2. Enforce uniqueness on that column.
3. Insert the character "=" into the table.
4. Insert the character "≠" into the table.

Step four fails, with a message that the symbol already exists in the table.
[23 Oct 2018 20:38] Miguel Solorzano
Thank you for the bug report. Repeatable on Linux 5.7 and 8.0 on Windows only 8.0.
[24 Oct 2018 4:22] Shane Bester
imho we need to see the precise character set and collation in use here.
collation is what is used to compare characters afterall...
[24 Oct 2018 4:23] Shane Bester
since the default charset and collation changed you're testing different things on 5.7 vs 8.0 then.
[24 Oct 2018 7:13] tsubasa tanaka
This caused UCA.
At least, I can reproduce it since MySQL 5.0.96 with utf8_unicode_ci.

mysql50> SELECT @@version;
+------------+
| @@version  |
+------------+
| 5.0.96-log |
+------------+
1 row in set (0.01 sec)

mysql50> SELECT '=' = '≠' COLLATE utf8_general_ci;
+-------------------------------------+
| '=' = '≠' COLLATE utf8_general_ci   |
+-------------------------------------+
|                                   0 |
+-------------------------------------+
1 row in set (0.00 sec)

mysql50> SELECT '=' = '≠' COLLATE utf8_unicode_ci;
+-------------------------------------+
| '=' = '≠' COLLATE utf8_unicode_ci   |
+-------------------------------------+
|                                   1 |
+-------------------------------------+
1 row in set (0.00 sec)

From Japanese User Group.
[24 Oct 2018 7:18] tsubasa tanaka
Reference to UserGroup's research "MySQL 5.5.11 unicode_ci" at 2011/04.

http://tmtm.org/tmp/mysql_unicode_collation.html
[24 Oct 2018 11:53] Peter Laursen
Tsubasa's test case reproduces for me on Windows with MySQL 5.7.24 (what is current current according to https://dev.mysql.com/downloads/mysql/)

SELECT '=' = '≠' COLLATE utf8_general_ci; -- 0
SELECT '=' = '≠' COLLATE utf8_unicode_ci; -- 1
SELECT VERSION(); -- 5.7.24-log  

-- Peter
-- not a MySQL/Oracle person
[25 Oct 2018 10:15] Xing Zhang
Posted by developer:
 
Hi Miguel,

What collation you are using to compare the characters for these versions?

I guess that you are comparing the character '=' (U+003D) and the character U+2260 (which I decoded from the hex code in the error message, \xe2\x89\xa0). The collation utf8_general_ci actually compares their code points, so U+003D != U+2260. But the collation utf8_unicode_ci compares them in the UCA way. These two characters have same primary weight, so that utf8_unicode_ci treats them equal, and you got the 'duplicate key' error.

Xing
[25 Oct 2018 11:10] Umesh Shastry
Thank you Xing, for the details. It makes sense now. 

HI Huw,

Please see detailed explanation from Xing in his previous note, it looks like !bg to me.  If you think your issue is different then may I request you to please provide full repeatable test case along with charset/collation details from your environment? Feel free to add it to this bug and change the status back to 'Open'.
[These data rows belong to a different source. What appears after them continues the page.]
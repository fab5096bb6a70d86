// Texts in parts.
ghost use Rattle.std.specs.Prelude.{◌≡◌};
ghost use Rattle.std.specs.Option.{option_map};
ghost use Rattle.cli.specs.Split.{split_first, split_last, parts, split_data_key, data_key_parts};

// An encrypted data key as a word names it.
#[derive(Clone, Copy)]
pub struct DataKeyWord<'a> {
    pub provider_id: &'a str,
    pub provider_info: &'a str,
    // where its bytes are
    pub file: &'a str,
}

// NAME=VALUE, at the first '='.
pub fn split_pair(text: &str) -> Option<(&str, &str)>
    ensures value { option_map parts result ≡ split_first 61 text.now }
{
    text.split_once('=')
}

// PROVIDER_ID:PROVIDER_INFO:FILE, at the first and the last colon, since the info may have some.
pub fn split_data_key(text: &str) -> Option<DataKeyWord<'_>>
    ensures value { option_map data_key_parts result ≡ split_data_key text.now }
{
    let (provider_id, rest) = text.split_once(':')?;
    let (provider_info, file) = rest.rsplit_once(':')?;
    Some(DataKeyWord {
        provider_id,
        provider_info,
        file,
    })
}
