// The command line of the programs: words into options, and texts into bytes, keys, sizes and pairs.
// Every answer is said by a definition of specs/; nothing here reads a file or prints.
#![tactic(auto)]

pub mod context;
pub mod hex;
pub mod key;
pub mod line;
pub mod number;
pub mod options;
pub mod scan;
pub mod split;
Thank you for your interest in MySQL.

regards,
Umesh
[25 Oct 2018 14:33] Huw Williams
Fascinating — thank you for the investigation.  The observed behavior does indeed seem to be consistent with the relevant Unicode collation algorithm.

(That Unicode assigns equivalency to two distinct characters with directly opposite meanings seems like a problem, but one that can be pursued elsewhere.)